Edit: mmh eine Minute zu spät


----------



## Bennily (11. März 2004)

Ich glaube ich hab mich nicht ganz richtig ausgedrückt.
Ich weis wie cih Dateien Öffne/Schließe und in Dateien schreibe/auslese.,

Aber was bringt mir ein string in dem ich z.B die Adressen von 10 Leuten habe (Das Programm weis nciht wie viele es sind) wenn ich das nicht irgendwie trenen und in Variablen/Arrays bekommen kann?


----------



## Kachelator (11. März 2004)

Dann musst du die Daten in der Datei irgendwie trennen, zum Beispiel mit Kommas.


----------



## Bennily (11. März 2004)

Auf die Idee bin cih auch schon gekommen.
Also in PHP würde ich mit ner Kombination von Trennzeichen arbeiten und dann mit explode() rangehen.
Nur gibts das auch in C/C++?
Und wie genau arbeitet es da?


----------



## Kachelator (11. März 2004)

> Nur gibts das auch in C/C++?


 Nein, es sei denn, dass es eine Library gibt, die das ermöglicht.
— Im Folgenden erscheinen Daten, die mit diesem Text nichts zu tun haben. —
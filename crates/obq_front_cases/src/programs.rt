//! Programs of several sources: their names, trees and codes.

ghost use Rattle.std.specs.Prelude.{◌≤◌, IfOk, length};

use crate::rows::text_of;
use obq_base::limits::SOURCE_LIMIT;
use obq_base::{Code, CodeNo, Name, Node, Slot};
use obq_code::Codes;
use obq_front::{FrontRefused, Program, Source, front};
use std::alloc::{AllocError, Global};
use std::io;

type Shown = Result<(), AllocError>;

/// Numbers of codes from this one on aren't asked for.
const ASKED: u32 = 20;

/// The source of a site of this name; what is past the limit is left out.
fn source_of(alloc: Global, name: &[u8], text: &[u8]) -> Result<Source, AllocError>
    ensures { IfOk result (λ s. length s.bytes.items ≤ SOURCE_LIMIT) }
{
    let mut bytes = Vec::from_slice(alloc, text)?;
    bytes.truncate(SOURCE_LIMIT);
    Ok(Source {
        name: Name::new(Vec::from_slice(alloc, name)?),
        bytes,
    })
}

fn show_slot(out: &mut String, slot: Slot) -> Shown {
    match slot {
        Slot::Local(k) => write!(out, "local {k}"),
        Slot::Captured(k) => write!(out, "captured {k}"),
        Slot::Member(k) => write!(out, "member {k}"),
        Slot::Stdout(source) => write!(out, "stdout {source}"),
    }
}

fn show_captured(out: &mut String, from: &[Slot]) -> Shown {
    out.push('(')?;
    for (i, slot) in from.iter().enumerate() {
        if i > 0 {
            out.push_str(", ")?;
        }
        show_slot(out, *slot)?;
    }
    out.push(')')
}

fn show_number(out: &mut String, number: CodeNo) -> Shown {
    let CodeNo { source, n } = number;
    write!(out, " {source}.{n}")
}

fn show_numbers(out: &mut String, numbers: &[CodeNo]) -> Shown {
    for number in numbers {
        show_number(out, *number)?;
    }
    Ok(())
}

/// A node that has slots.
fn show_node(out: &mut String, node: &Node) -> Shown {
    match node {
        Node::Use { slot } => {
            out.push_str(" use ")?;
            show_slot(out, *slot)
        }
        Node::Assign { slot } => {
            out.push_str(" set ")?;
            show_slot(out, *slot)
        }
        Node::Proc { code, from } => {
            out.push_str(" proc")?;
            show_number(out, *code)?;
            show_captured(out, from.as_slice())
        }
        Node::Meth { code, from } => {
            out.push_str(" meth")?;
            show_number(out, *code)?;
            show_captured(out, from.as_slice())
        }
        Node::LetRec { codes, from } => {
            out.push_str(" rec")?;
            show_numbers(out, codes.as_slice())?;
            show_captured(out, from.as_slice())
        }
        _ => Ok(()),
    }
}

/// The nodes of a code that have slots.
fn shown_code(alloc: Global, code: &Code) -> Result<String, AllocError> {
    let mut out = String::new(alloc);
    for node in code.nodes.as_slice() {
        show_node(&mut out, node)?;
    }
    Ok(out)
}

/// The slots in each code of source 3.
fn print_codes(rt: &impl Print, alloc: Global, codes: &Codes) -> io::Result<()> {
    let main = codes.main(3);
    for n in 0..ASKED {
        let number = CodeNo { source: 3, n };
        if let Some(code) = codes.get(number) {
            let name = if main == Some(number) { "main" } else { "code" };
            let slots = shown_code(alloc, code)?;
            println!(rt; "    {name} 3.{n}:{slots}")?;
        }
    }
    Ok(())
}

/// The slots of this text as source 3, where the sources before it are empty.
fn print_source(rt: &impl Print, alloc: Global, text: &[u8]) -> io::Result<()> {
    let sources = [
        source_of(alloc, b"A", b"")?,
        source_of(alloc, b"B", b"")?,
        source_of(alloc, b"C", b"")?,
        source_of(alloc, b"D", text)?,
    ];
    match front(alloc, &sources) {
        Ok(program) => print_codes(rt, alloc, &program.codes),
        Err(refused) => println!(rt; "    {refused:?}"),
    }
}

/// Sources, a line each, with the slots of their codes. Each is source 3.
pub fn print_slots(rt: &impl Print, alloc: Global, rows: &str) -> io::Result<()> {
    for row in rows.trim_end_matches('\n').split('\n') {
        rt.println(row)?;
        print_source(rt, alloc, row.as_bytes())?;
    }
    Ok(())
}

/// Prints the names of a program, how many items each of its blocks has, and which of the first codes there are.
fn print_program(rt: &impl Print, program: &Program) -> io::Result<()> {
    let names = program.names.len();
    let blocks = program.blocks.len();
    println!(rt; "    {names} names, {blocks} blocks")?;
    for name in program.names.as_slice() {
        let name = text_of(name.as_bytes());
        println!(rt; "    name {name}")?;
    }
    for block in program.blocks.as_slice() {
        let items = block.items.len();
        println!(rt; "    block of {items} items")?;
    }
    for (source, n) in [(0, 0), (0, 1), (0, 2), (1, 0), (1, 1), (2, 0)] {
        let is_there = program.codes.get(CodeNo { source, n }).is_some();
        println!(rt; "    code {source}.{n}: {is_there}")?;
    }
    Ok(())
}

fn print_front(rt: &impl Print, made: &Result<Program, FrontRefused>) -> io::Result<()> {
    match made {
        Ok(program) => print_program(rt, program),
        Err(refused) => println!(rt; "    {refused:?}"),
    }
}

/// The program of no source, and that of two.
pub fn print_programs(rt: &impl Print, alloc: Global) -> io::Result<()> {
    rt.println("no source")?;
    print_front(rt, &front(alloc, &[]))?;
    rt.println("A: proc() 1 end; 2 and Bee: 1; 2; 3")?;
    let sources = [
        source_of(alloc, b"A", b"proc() 1 end; 2")?,
        source_of(alloc, b"Bee", b"1; 2; 3")?,
    ];
    print_front(rt, &front(alloc, &sources))
}
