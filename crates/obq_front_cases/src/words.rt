//! Command lines, and what they give.

use crate::rows::text_of;
use obq_words::{Order, SiteWord, read_words};
use std::alloc::{AllocError, Global};
use std::io;

/// The words of a line that has a space between each two; none where it is empty.
fn word_list(alloc: Global, line: &str) -> Result<Vec<String>, AllocError> {
    let mut list = Vec::new(alloc);
    if line.is_empty() {
        return Ok(list);
    }
    for word in line.split(' ') {
        list.push(String::from_str(alloc, word)?)?;
    }
    Ok(list)
}

/// Sites as text.
fn shown(alloc: Global, sites: &[SiteWord]) -> Result<String, AllocError> {
    let mut text = String::new(alloc);
    for (i, site) in sites.iter().enumerate() {
        if i > 0 {
            text.push_str(", ")?;
        }
        text.push_str(text_of(site.name.as_bytes()))?;
        text.push_str(" at ")?;
        text.push_str(site.path.as_str())?;
    }
    Ok(text)
}

/// What a run prints behind its output.
fn extras(journal: bool, links: bool) -> &'static str {
    match (journal, links) {
        (false, false) => "",
        (true, false) => ", journal",
        (false, true) => ", links",
        (true, true) => ", journal, links",
    }
}

fn print_run(
    rt: &impl Print,
    line: &str,
    turns: u32,
    workers: u32,
    extras: &str,
    sites: &str,
) -> io::Result<()> {
    println!(rt; "{line}  =>  run, {turns} turns, {workers} workers{extras}: {sites}")
}

fn print_check(rt: &impl Print, line: &str, sites: &str) -> io::Result<()> {
    println!(rt; "{line}  =>  check: {sites}")
}

fn print_replay(rt: &impl Print, line: &str, from: &str, sites: &str) -> io::Result<()> {
    println!(rt; "{line}  =>  replay from {from}: {sites}")
}

/// Prints what a line asks for behind it.
fn print_order(rt: &impl Print, alloc: Global, line: &str, order: Order) -> io::Result<()> {
    match order {
        Order::Run {
            turns,
            workers,
            journal,
            links,
            sites,
        } => print_run(
            rt,
            line,
            turns,
            workers,
            extras(journal, links),
            &shown(alloc, &sites)?,
        ),
        Order::Check { sites } => print_check(rt, line, &shown(alloc, &sites)?),
        Order::Replay { from, sites } => {
            print_replay(rt, line, from.as_str(), &shown(alloc, &sites)?)
        }
    }
}

/// Lines, with what the words of each give.
pub fn print_lines(rt: &impl Print, alloc: Global, lines: &str) -> io::Result<()> {
    for line in lines.trim_end_matches('\n').split('\n') {
        let words = word_list(alloc, line)?;
        match read_words(alloc, &words) {
            Ok(order) => print_order(rt, alloc, line, order)?,
            Err(refused) => println!(rt; "{line}  =>  {refused:?}")?,
        }
    }
    Ok(())
}
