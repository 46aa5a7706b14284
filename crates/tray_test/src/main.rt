// Gives trays of scans to tables, and prints what is found, the verdicts, and the record after each.
//
// The cases are on standard input, a line each: a name, a colon, and numbers in six columns each. First the table, which is one of testkit's by its
// number, or of `MORE_TABLES` by 100 and its number; then the record's step, its six readings and its counter, where step 99 goes on from the
// record of the line before; how many counters the tray has, and how many places the room; and the counters, where each after the last that
// stands there is one more. In "back to an earlier counter" 02's premise does not hold; what is found is still that of the scans given singly.
#![tactic(auto)]

ghost use Rattle.std.specs.Prelude.{◌≤◌, length};

use scans::{Running, log_in};
use testkit::{column, field, find, name, readings_in, refusal, table, title, word};
use traying::tray;
use trays::Outcome;

// The standard input, as a file of the C library.
const STDIN_FILENO: i32 = 0;

fn record(running: Running) {
    let readings = running.readings;
    testkit::record(running.step, readings, running.counter);
}

// Whether the number at a place of a row stands in the next place too.
fn goes_on(row: &[u16], at: usize) -> bool {
    if row.len() < 2 {
        return false;
    }
    if row.len() - 2 < at {
        return false;
    }
    row[at] == row[at + 1]
}

// A number that stands so often in a row.
fn number(x: u16, times: u64) {
    field(b" ", x as u64);
    if 1 < times {
        field(b"*", times);
    }
}

// A row's numbers, and of equal ones in a row the first with how many there are: 0*256.
fn numbers(row: &[u16]) {
    let mut from: usize = 0;
    let mut at: usize = 0;
    while at < row.len() {
        let last = at;
        at += 1;
        if !goes_on(row, last) {
            number(row[last], (at - from) as u64);
            from = at;
        }
    }
}

// The counters of a tray: of many only the first, as each is one more than the one before.
fn asked(counters: &[u16]) {
    field(b": ", counters.len() as u64);
    word(b" counters");
    if counters.len() < 32 {
        numbers(counters);
        return;
    }
    number(counters[0], 1);
    word(b" and on");
}

fn found(outcome: Outcome) {
    match outcome {
        Outcome::Counted(accepted) => field(b": accepted ", accepted as u64),
        Outcome::Refused(why) => {
            word(b": ");
            refusal(why);
        }
    }
}

// A tray: its counters, what is found, the room and the record after it, which is given back.
fn give(bytes: &[u8], running: Running, counters: &[u16], room: &mut [u16]) -> Running {
    asked(counters);
    field(b", room ", room.len() as u64);
    let trayed = tray(bytes, running, counters, &mut *room);
    let outcome = trayed.outcome;
    found(outcome);
    word(b", verdicts");
    numbers(&*room);
    word(b";");
    let after = trayed.running;
    record(after);
    word(b"\n");
    after
}

// The counters of a case.
fn counters_of(text: &[u8]) -> [u16; 300] {
    let mut out = [0u16; 300];
    let mut last: u16 = 0;
    let mut k: usize = 0;
    while k < 300 {
        last = std::num::wrapping_add_u16(last, 1);
        if k + 11 < text.len() / 6 {
            last = column(text, k + 11);
        }
        out[k] = last;
        k += 1;
    }
    out
}

// A line: a tray of a case's counters, in a room filled with sevens.
fn line(named: &[u8], bytes: &[u8], running: Running, text: &[u8]) -> Running {
    word(named);
    word(b" from");
    record(running);
    let counters = counters_of(text);
    let mut room = [7u16; 300];
    let n = column(text, 9) as usize % 301;
    let places = column(text, 10) as usize % 301;
    give(bytes, running, &counters[..n], &mut room[..places])
}

// The same, by the table of a case.
fn ask(running: Running, text: &[u8]) -> Running {
    let which = column(text, 0) as usize;
    if which < 100 {
        let tape = testkit::TABLES;
        return line(name(&tape, which), table(&tape, which), running, text);
    }
    let tape = testkit::MORE_TABLES;
    let more = which - 100;
    line(name(&tape, more), table(&tape, more), running, text)
}

// The record of a case, or the one before.
fn record_of(text: &[u8], before: Running) -> Running {
    let step = column(text, 1);
    if step == 99 {
        return before;
    }
    let readings = readings_in(text);
    Running {
        step,
        readings,
        counter: column(text, 8),
    }
}

fn case(text: &[u8], before: Running) -> Running {
    let colon = find(text, 0, 58);
    if colon == text.len() {
        return before;
    }
    title(&text[0..colon]);
    let numbers = &text[colon + 1..];
    ask(record_of(numbers, before), numbers)
}

fn cases(text: &[u8])
    requires { length text.now ≤ 16384 }
{
    let mut running = log_in(0);
    let mut from: usize = 0;
    while from < text.len() {
        let end = find(text, from, 10);
        running = case(&text[from..end], running);
        from = end + 1;
    }
}

fn main() {
    let mut input = [0u8; 16384];
    let size = io::read_full(STDIN_FILENO, &mut input);
    cases(&input[..size]);
}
Grundsätzlich hast du ja (vereinfacht gesagt) drei Möglichkeiten, Objekte zu serialisieren:
1. Binär
Du klatscht den ganzen Speicher, den dein Objekt im Speicher einnimmt, in eine Binärdatei rein. Mehrer Objekte können getrennt werden, weil jedes Objekt gleichgross ist.
2. Klartext
sowas wie: 
*
[Kunde 0]
name=Kachelator
telefon=0123456789
[Kunde 1]
name= Bennily
telefon=333333
usw.
*
3. Datenbankzugriff mit SQL


----------



## Bennily (11. März 2004)

Könntest du mir mal nen konkretes Beispiel für die 2te Version geben?


----------



## Kachelator (11. März 2004)

Versuch einfach mal, deine Daten in dieser Form in eine Textdatei zu speichern. Das ist recht einfach. Wenn du das hast, kommt der spannende Teil: Du liest die Datei ein und untersuchst sie zeichenweise, ob von dir verwendete Schlüsselworte auftauchen. In meinem Beispiel wären das "[", "Kunde", "name" und so weiter. Wenn dann eines dieser Worte auftaucht, muss dein Programm entsprechen reagieren: Bei "Kunde" ein neues Kundenobjekt erzeugen, bei "telefon" dem zuletzt erzeugten Kundenobjekt die folgende Telefonnummer zuweisen und so fort. 
Die von mir im Beispiel verwendete Syntax ist natürlich nur eine Beispielsyntax. 
Ich habe übrigens gute Erfahrung mit LUA für diesen Einsatzzweck gemacht, aber das geht wohl über das Thema hinaus.


----------



## Bennily (11. März 2004)

Vielen Dank, ich glaube so kann ich das schaffen was ich will.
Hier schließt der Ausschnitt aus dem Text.